# Making a Bed?



## miasowner (Jun 3, 2009)

My Chihuahua Mia made a hole in her bed about a week ago and little by little the stuffing is coming out. I am considering making one myself, but I not sure what type of fabric/stuffing would be ideal. I don’t know how to crochet but I do know how to sew. Any suggestions?


----------



## elaina (Jul 1, 2008)

i would go into the fabric store, we have one here called JoAnns fabric, and ask the saleslady there. they know alot and i'm sure they could tell u just what to buy for stuffing


----------



## toby'smom (Jun 11, 2006)

I make my own beds out of fleece. They are really easy and the dogs love them. I use about a yard of fleece and cut strips then tie them together. leave a small opening then stuff it with stuffing. they wash great and are so comfortable for the dogs. here is a picture.


----------



## miasowner (Jun 3, 2009)

Ok, thanks guys. I think I will try fleece. Toby'sMom what kind of stuffing did you use for your dog bed? Anything in particular?


----------



## Guest (Jun 6, 2009)

I remember someone (may Have been Toby's mum) last year telling me how to make those fleece beds, but have to admit I never got round to it, but therey so easy I am sure.
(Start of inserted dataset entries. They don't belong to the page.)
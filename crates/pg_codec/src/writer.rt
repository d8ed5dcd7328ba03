//! Judging and writing the fields of a body.

ghost use Rattle.std.specs.Prelude.{◌≡◌, ◌<◌, ◌^◌, ◌++◌, length, OnOk};
ghost use Rattle.pg_codec.specs.Field.{string, contains_zero, listed};
ghost use Rattle.pg_codec.specs.Private.Writer.{LeavesRoom};

use crate::appender::Appender;
use crate::field::Field;
use std::alloc::AllocError;

/// The most elements that a 16-bit count can say.
pub const MOST: usize = 65_535;

/// Whether the text has a zero byte.
pub fn text_has_zero(text: &[u8]) -> bool
    ensures { result ≡ contains_zero text.now }
{
    text.contains(&0)
}

/// Whether a String of an element has a zero byte.
pub fn any_has_zero<T: Field>(items: &[T]) -> bool
    ensures { result ≡ (listed T.layout items.now).has_zero }
{
    for item in items {
        if item.has_zero() {
            return true;
        }
    }
    false
}

/// The room that is left after the bytes.
pub fn room_after_bytes(bytes: &[u8], room: u32) -> Option<u32>
    ensures { LeavesRoom room (length bytes.now) result }
{
    if bytes.len() > room as usize {
        None
    } else {
        Some(room - bytes.len() as u32)
    }
}

/// The room that is left after a String.
pub fn room_after_text(text: &[u8], room: u32) -> Option<u32>
    ensures { LeavesRoom room (length (string text.now).bytes) result }
{
    room_after_bytes(text, room)?.checked_sub(1)
}

/// The room that is left after the elements.
pub fn room_after_all<T: Field>(items: &[T], room: u32) -> Option<u32>
    ensures { LeavesRoom room (length (listed T.layout items.now).bytes) result }
{
    let mut left = room;
    for item in items {
        left = item.room_after(left)?;
    }
    Some(left)
}

/// Appends a String.
pub fn write_text(text: &[u8], out: &mut Appender) -> Result<(), AllocError>
    ensures before { out.new.before ≡ out.old.before }
    ensures added { OnOk result (out.new.added ≡ out.old.added ++ (string text.now).bytes) }
{
    out.put(text)?;
    out.put(&[0])
}

/// Appends the elements.
pub fn write_all<T: Field>(items: &[T], out: &mut Appender) -> Result<(), AllocError>
    requires { length (listed T.layout items.now).bytes < 2 ^ 32 }
    ensures before { out.new.before ≡ out.old.before }
    ensures added { OnOk result (out.new.added
        ≡ out.old.added ++ (listed T.layout items.now).bytes) }
    ensures of_type { OnOk result (listed T.layout items.now).IsOfType }
{
    for item in items {
        item.write(out)?;
    }
    Ok(())
}
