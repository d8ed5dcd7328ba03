//! How the data types of the protocol are coded, and the values and bodies that are made of them: each is judged, written and read; and
//! why a message can't be written or read (PostgreSQL documentation, "Message Data Types", "Message Formats").
//!
//! It is a layer of `pg_wire`. Users name `pg_wire`, which passes on what they need of it.
//!
//! # Files
//!
//! | File | Definitions in `specs/` | What it has |
//! |---|---|---|
//! | `field.rt`, `value.rt`, `writer.rt`, `reader.rt` | `Field`, `Value` | the parts of a body: how each data type, and each value that messages carry, is spelled, and what keeps it from having a spelling |
//! | `part.rt`, `appender.rt` | | the parts of a body, and the buffer that they are appended to |
//! | `fault.rt` | | why a message can't be written or read |
//! | `lent.rt` | | a value and a field that are read in place |
//! | `after.rt` | | what is left of a body after a value, for judging it without making the value |
//!
//! **A body is a body of parts** (`part`): a String, bytes, a number, a list after its count, and pairs of these. Each part of the code
//! (`BodyPart`) says which part of a message's definition it writes, and how it is judged.
#![tactic(auto)]

mod after;
mod appender;
mod fault;
mod field;
mod lent;
mod part;
mod reader;
mod value;
mod writer;

pub use after::{
    after_copy_head, after_counted, after_i32, after_status, after_terminated, after_text,
    after_times,
};
pub use appender::Appender;
pub use fault::{BodyFault, EncodeFault};
pub use field::{Field, ReadField};
pub use lent::lent_field_at;
pub use part::{BodyPart, Byte, Bytes, Counted, Int32, LONGEST, Pair, Salt, Terminated, Text};
pub use reader::{
    after_zero, copy_head_at, copy_of, counted, ended, i32_at, status_at, terminated, text_at,
    u16_at,
};
pub use value::{Column, CopyHead, ErrorField, Status, Target};
pub use writer::text_has_zero;
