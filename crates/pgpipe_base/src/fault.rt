//! How a tool fails.

ghost use Rattle.std.specs.Prelude.{◌≡◌};

use std::alloc::AllocError;
use thiserror::Error;

/// Why a tool couldn't finish its work.
#[derive(Clone, Copy, Debug, PartialEq, Eq, Error)]
pub enum ToolFault {
    /// The source or the sink failed, or the source gave no end.
    #[error("device")]
    Device,
    /// Memory ran out.
    #[error("memory")]
    Memory,
}

impl From<AllocError> for ToolFault {
    ghost use Rattle.pgpipe_base.specs.declared.fault.ToolFault.TheVariants.{Memory};

    ghost from_gives = { λ _ fault. fault ≡ Memory };

    fn from(_e: AllocError) -> ToolFault {
        ToolFault::Memory
    }
}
I have a few sewing patterns to make gorgeous beds, but I dont have a sewing machine lol.

I knit or corchet my lot ones, and stuff em with an old pillow, or sometimes an old duvet, I have even bought pillows from the pound shop lol. My lot LOVE a wool blanket so I figured I would make a wool bed, and they love those too.


----------



## Guest (Jun 6, 2009)

Oh and Mia's mum has such a FAB name 

Janie is such an underrated name lol

(I am Janie too)


----------



## miasowner (Jun 3, 2009)

IWAC said:


> Oh and Mia's mum has such a FAB name
> 
> Janie is such an underrated name lol
> 
> (I am Janie too)


Thank you.


----------



## toby'smom (Jun 11, 2006)

sorry it took so long to get back to ya. busy day!! I just use the poly-fil to stuff the beds. I use about one and half bags for one yard of material. I like them fluffy. I make these all the time to take to the shelter for their fund raising events. They work good and are quite durable.


----------



## miasowner (Jun 3, 2009)

Ok, Thanks. I'll look for it next time I go shopping.


----------



## miasowner (Jun 3, 2009)

Well it's complete. It's not the prettiest pet bed but Mia likes it. I ended up finding some filling for the bed in the house. My aunt helped me a lot in this project since I don't know how to use a sewing machine. I'm just counting the days to see how long it lasts till she destroys it. Anyway, here it is...








.


----------



## WeLoveHiro (Apr 14, 2009)

great job


----------



## miasowner (Jun 3, 2009)

WeLoveHiro said:


> great job


Thank you.


----------



## princesslisa31 (Mar 31, 2009)

I made a sniggle sack from fleece and made the large piping around with stuffing in it out of burberry with a pink flash through it  its breally easy to make!


----------